While the game's mechanics received mixed responses, critics such as Peter Brown from GameSpot said it has well-designed boss battles that are visually appealing and fun to fight. One of the most positive aspect of Zip Lash was Chibi-Robo himself. Critics said the robot's cute appeal is a big driving force for the game and helps make most boring experiences slightly more memorable. This was attributed to the amiibo figure as well, with Kotaku citing it as the best part of the game and describing the figure as "cute".

Aggregate scores
| Aggregator | Score |
|---|---|
| Metacritic | 59/100 |
| OpenCritic | 12% recommended |

Review scores
| Publication | Score |
|---|---|
| Destructoid | 5.5/10 |
| Eurogamer | 6/10 |
| Game Informer | 7/10 |
| GameRevolution | 3/5 |
| GameSpot | 4/10 |
| IGN | 5/10 |
| Nintendo Life | 6/10 |
| Nintendo World Report | 8/10 |
| Pocket Gamer | 2.5/5 |
| Shacknews | 7/10 |
| The Guardian | 3/5 |
| USgamer | 2.5/5 |
| VentureBeat | 73/100 |

===Sales===
In Japan, more than 14,000 copies of Chibi-Robo! Zip Lash were sold at launch, placing it ninth in the country's video-game sales charts in its week of release. In the United Kingdom, it failed to appear in the top-40-selling 3DS games, being outsold by releases such as Mario Kart 7. Because of this, Thomas Whitehead of Nintendo Life assessed Zip Lash to be a commercial failure.

===Legacy===

Due to Chibi-Robo! Zip Lashs critical and commercial failure, it is considered the final game in the series; As of 2022, Skip Ltd. has not made any games since 2015. In August 2020, it was widely speculated the company had closed down, citing evidence such as a HTTP 403 error when opening the company website, the CEO's removal of the website from his Twitter profile, and new occupation of the company's building.

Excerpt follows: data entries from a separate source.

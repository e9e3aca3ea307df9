ghost use Rattle.std.specs.Prelude.{◌≡◌, ◌+◌, ◌<◌, ◌≤◌, IfOk, IsTrue};
ghost use Rattle.std.specs.VecDeque.{deque_len, deque_capacity};
ghost use Rattle.farm_io.specs.Streams.{Rose};
ghost use Rattle.contest_server.specs.Texts.{HasCauseTold};
ghost use Rattle.contest_server.specs.Lanes.{starts_of, AreLanes};
ghost use Rattle.contest_server.specs.Serving.{desk_value, share, IsOrderly, AcceptsNext, MakesRoom, ServesNext, HasCauseNext};

use crate::desk::Desk;
use crate::freeing::free_place;
use crate::lanes::begin;
use crate::lines::TextFault;
use crate::returning::{tell_ended, tell_next};
use crate::service::{Service, Watches};
use case_run::Cases;
use contest_page::Shows;
use farm_board::{Admission, Pass};
use farm_io::{Accepted, Clock, Door, Sink};
use judge_feed::Naming;
use std::sync::Wait;
use std::thread::{Scope, Threads};

/// How many calls the pass of a connection may make: more than its requests can need. Those that it has not made go back
/// to the opening pass when it is taken in.
const SHARE: u64 = 1 << 42;

/// What came of asking the door for a connection.
#[derive(Clone, Copy, Debug, PartialEq, Eq)]
pub(crate) enum Coming {
    /// A connection came, and is being served.
    Conn,
    /// No connection is left to come.
    End,
    /// The door failed.
    Failed,
}

/// Asks the door for a connection, and begins to serve it.
fn accept_next<
    's,
    E,
    R: Threads + Wait + Sync,
    D: Door,
    K: Sink,
    A: Admission + Send + Sync,
    C: Clock + Sync,
    Q: Cases + Shows + Sync,
    J: Naming + Send + Sync,
>(
    service: &Service<'s, R, A, C, Q, J>,
    scope: &Scope<'s, E>,
    desk: &mut Desk<'_, '_, '_, D, K, A, C, Q, J>,
    count: u64,
) -> Coming
where
    D::Conn: Drop + 's,
    requires named { service.now.board.now.id ≡ J.board }
    requires orderly { IsOrderly (⟦<Service<'s, R, A, C, Q, J> as Watches<D::Conn>>⟧.watched service.now) service.now.board.now.id
        (desk_value (D.state desk.old.door.now) desk.old.pass.now (starts_of desk.old.lanes.items)) }
    requires lanes { AreLanes (⟦<Service<'s, R, A, C, Q, J> as Watches<D::Conn>>⟧.watched service.now)
        service.now.clock.now service.now.cases.now desk.old.lanes.items }
    requires room { deque_len desk.old.lanes < deque_capacity desk.old.lanes }
    requires spare { 0 < desk.old.pass.now.spare }
    requires left { share + deque_len desk.old.lanes + 3 < desk.old.pass.now.left }
    ensures accepts { AcceptsNext (⟦<Service<'s, R, A, C, Q, J> as Watches<D::Conn>>⟧.watched service.now) service.now.board.now.id
        (desk_value (D.state desk.old.door.now) desk.old.pass.now (starts_of desk.old.lanes.items))
        (desk_value (D.state desk.new.door.now) desk.new.pass.now (starts_of desk.new.lanes.items)) result }
    ensures lanes { AreLanes (⟦<Service<'s, R, A, C, Q, J> as Watches<D::Conn>>⟧.watched service.now)
        service.now.clock.now service.now.cases.now desk.new.lanes.items }
    ensures later { D.faults desk.old.door.now ≤ D.faults desk.new.door.now }
    ensures failed { result ≡ Coming.Failed → Rose (D.faults desk.old.door.now) (D.faults desk.new.door.now) }
    ensures out { desk.new.out.now ≡ desk.old.out.now }
    ensures same { (desk.new.door.ghost_name ≡ desk.old.door.ghost_name) × (desk.new.out.ghost_name ≡ desk.old.out.ghost_name)
        × (desk.new.pass.ghost_name ≡ desk.old.pass.ghost_name) }
{
    match desk.door.accept() {
        Accepted::Conn(conn) => {
            let own = service.board.split(service.rt, desk.pass, SHARE);
            let place = desk.places.take(count);
            let lane = begin(service, scope, place, own, conn);
            desk.lanes.push_back_reserved(lane);
            Coming::Conn
        }
        Accepted::End => Coming::End,
        Accepted::Failed => Coming::Failed,
    }
}

/// Takes in the connections that have ended, as far as their turn has come, and writes their lines. Where as many as may
/// wait for that, the one that was accepted first is waited for.
fn make_room<
    's,
    R: Threads + Wait,
    D: Door,
    K: Sink,
    A: Admission,
    C: Clock,
    Q: Cases + Shows,
    J: Naming,
>(
    service: &Service<'s, R, A, C, Q, J>,
    desk: &mut Desk<'_, '_, '_, D, K, A, C, Q, J>,
    count: u64,
) -> Result<(), TextFault>
where
    D::Conn: Drop,
    requires orderly { IsOrderly (⟦<Service<'s, R, A, C, Q, J> as Watches<D::Conn>>⟧.watched service.now) service.now.board.now.id
        (desk_value (D.state desk.old.door.now) desk.old.pass.now (starts_of desk.old.lanes.items)) }
    requires lanes { AreLanes (⟦<Service<'s, R, A, C, Q, J> as Watches<D::Conn>>⟧.watched service.now)
        service.now.clock.now service.now.cases.now desk.old.lanes.items }
    requires some { 0 < service.now.most }
    requires few { deque_len desk.old.lanes ≤ service.now.most }
    requires count { deque_len desk.old.lanes ≤ count }
    ensures makes { MakesRoom (⟦<Service<'s, R, A, C, Q, J> as Watches<D::Conn>>⟧.watched service.now) service.now.board.now.id
        (desk_value (D.state desk.old.door.now) desk.old.pass.now (starts_of desk.old.lanes.items))
        (desk_value (D.state desk.new.door.now) desk.new.pass.now (starts_of desk.new.lanes.items))
        (K.held desk.old.out.now) (K.held desk.new.out.now) count result }
    ensures room { IfOk result (λ _. deque_len desk.new.lanes < service.now.most) }
    ensures cause { HasCauseTold (K.faults desk.old.out.now) (K.faults desk.new.out.now) result }
    ensures lanes { AreLanes (⟦<Service<'s, R, A, C, Q, J> as Watches<D::Conn>>⟧.watched service.now)
        service.now.clock.now service.now.cases.now desk.new.lanes.items }
    ensures later { D.faults desk.old.door.now ≤ D.faults desk.new.door.now }
    ensures same { (desk.new.door.ghost_name ≡ desk.old.door.ghost_name) × (desk.new.out.ghost_name ≡ desk.old.out.ghost_name)
        × (desk.new.pass.ghost_name ≡ desk.old.pass.ghost_name) }
{
    tell_ended(service, desk, count)?;
    if desk.lanes.len() < usize::from(service.most) {
        return Ok(());
    }
    desk.door
        .ask_to_close(count.saturating_sub(desk.lanes.len() as u64));
    tell_next(service, desk, count)
}

/// Whether the calls that are left suffice for one more connection, beside those by which all are taken in, and the feed's.
fn has_calls<A: Admission>(pass: &Pass<A>, lanes: usize) -> bool
    ensures { IsTrue result → share + lanes + 3 < pass.now.left }
{
    pass.left().saturating_sub(SHARE + 3) > lanes as u64
}

/// Makes room for a connection, and begins to serve the next one, where `count` came before it and calls of the board
/// are left.
fn serve_ready<
    's,
    E,
    R: Threads + Wait + Sync,
    D: Door,
    K: Sink,
    A: Admission + Send + Sync,
    C: Clock + Sync,
    Q: Cases + Shows + Sync,
    J: Naming + Send + Sync,
>(
    service: &Service<'s, R, A, C, Q, J>,
    scope: &Scope<'s, E>,
    desk: &mut Desk<'_, '_, '_, D, K, A, C, Q, J>,
    count: u64,
) -> Result<Coming, TextFault>
where
    D::Conn: Drop + 's,
    requires named { service.now.board.now.id ≡ J.board }
    requires orderly { IsOrderly (⟦<Service<'s, R, A, C, Q, J> as Watches<D::Conn>>⟧.watched service.now) service.now.board.now.id
        (desk_value (D.state desk.old.door.now) desk.old.pass.now (starts_of desk.old.lanes.items)) }
    requires lanes { AreLanes (⟦<Service<'s, R, A, C, Q, J> as Watches<D::Conn>>⟧.watched service.now)
        service.now.clock.now service.now.cases.now desk.old.lanes.items }
    requires some { 0 < service.now.most }
    requires seats { desk.old.pass.now.spare + deque_len desk.old.lanes ≡ service.now.most }
    requires count { deque_len desk.old.lanes ≤ count }
    ensures serves { ServesNext (⟦<Service<'s, R, A, C, Q, J> as Watches<D::Conn>>⟧.watched service.now) service.now.board.now.id
        (desk_value (D.state desk.old.door.now) desk.old.pass.now (starts_of desk.old.lanes.items))
        (desk_value (D.state desk.new.door.now) desk.new.pass.now (starts_of desk.new.lanes.items))
        (K.held desk.old.out.now) (K.held desk.new.out.now) count result }
    ensures cause { HasCauseNext (D.faults desk.old.door.now) (D.faults desk.new.door.now) (K.faults desk.old.out.now) (K.faults desk.new.out.now) result }
    ensures lanes { AreLanes (⟦<Service<'s, R, A, C, Q, J> as Watches<D::Conn>>⟧.watched service.now)
        service.now.clock.now service.now.cases.now desk.new.lanes.items }
    ensures same { (desk.new.door.ghost_name ≡ desk.old.door.ghost_name) × (desk.new.out.ghost_name ≡ desk.old.out.ghost_name)
        × (desk.new.pass.ghost_name ≡ desk.old.pass.ghost_name) }
{
    make_room(service, desk, count)?;
    if desk.lanes.try_reserve(1).is_err() {
        return Err(TextFault::NoMemory);
    }
    if !has_calls(desk.pass, desk.lanes.len()) {
        return Err(TextFault::NoMemory);
    }
    Ok(accept_next(service, scope, desk, count))
}

/// Waits until a connection can be accepted and a worker is free, and serves it, where `count` came before it.
pub(crate) fn serve_next<
    's,
    E,
    R: Threads + Wait + Sync,
    D: Door,
    K: Sink,
    A: Admission + Send + Sync,
    C: Clock + Sync,
    Q: Cases + Shows + Sync,
    J: Naming + Send + Sync,
>(
    service: &Service<'s, R, A, C, Q, J>,
    scope: &Scope<'s, E>,
    desk: &mut Desk<'_, '_, '_, D, K, A, C, Q, J>,
    count: u64,
) -> Result<Coming, TextFault>
where
    D::Conn: Drop + 's,
    requires named { service.now.board.now.id ≡ J.board }
    requires orderly { IsOrderly (⟦<Service<'s, R, A, C, Q, J> as Watches<D::Conn>>⟧.watched service.now) service.now.board.now.id
        (desk_value (D.state desk.old.door.now) desk.old.pass.now (starts_of desk.old.lanes.items)) }
    requires lanes { AreLanes (⟦<Service<'s, R, A, C, Q, J> as Watches<D::Conn>>⟧.watched service.now)
        service.now.clock.now service.now.cases.now desk.old.lanes.items }
    requires some { 0 < service.now.most }
    requires seats { desk.old.pass.now.spare + deque_len desk.old.lanes ≡ service.now.most }
    requires count { deque_len desk.old.lanes ≤ count }
    ensures serves { ServesNext (⟦<Service<'s, R, A, C, Q, J> as Watches<D::Conn>>⟧.watched service.now) service.now.board.now.id
        (desk_value (D.state desk.old.door.now) desk.old.pass.now (starts_of desk.old.lanes.items))
        (desk_value (D.state desk.new.door.now) desk.new.pass.now (starts_of desk.new.lanes.items))
        (K.held desk.old.out.now) (K.held desk.new.out.now) count result }
    ensures cause { HasCauseNext (D.faults desk.old.door.now) (D.faults desk.new.door.now) (K.faults desk.old.out.now) (K.faults desk.new.out.now) result }
    ensures lanes { AreLanes (⟦<Service<'s, R, A, C, Q, J> as Watches<D::Conn>>⟧.watched service.now)
        service.now.clock.now service.now.cases.now desk.new.lanes.items }
    ensures same { (desk.new.door.ghost_name ≡ desk.old.door.ghost_name) × (desk.new.out.ghost_name ≡ desk.old.out.ghost_name)
        × (desk.new.pass.ghost_name ≡ desk.old.pass.ghost_name) }
{
    desk.door.await_next();
    free_place(service, desk, count);
    serve_ready(service, scope, desk, count)
}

In January 2018, Nintendo tweeted a picture of "Fiery Chibi-Robo"; Chibi-Robo being depicted on fire. This led to speculation that a Nintendo Direct would follow and a new Chibi-Robo game was going to be announced. The following day, a "Nintendo Direct Mini" was released without mention of a new Chibi-Robo game. The image of "Fiery Chibi-Robo" has become a meme in the Nintendo community as representation of excitement for a Nintendo Direct.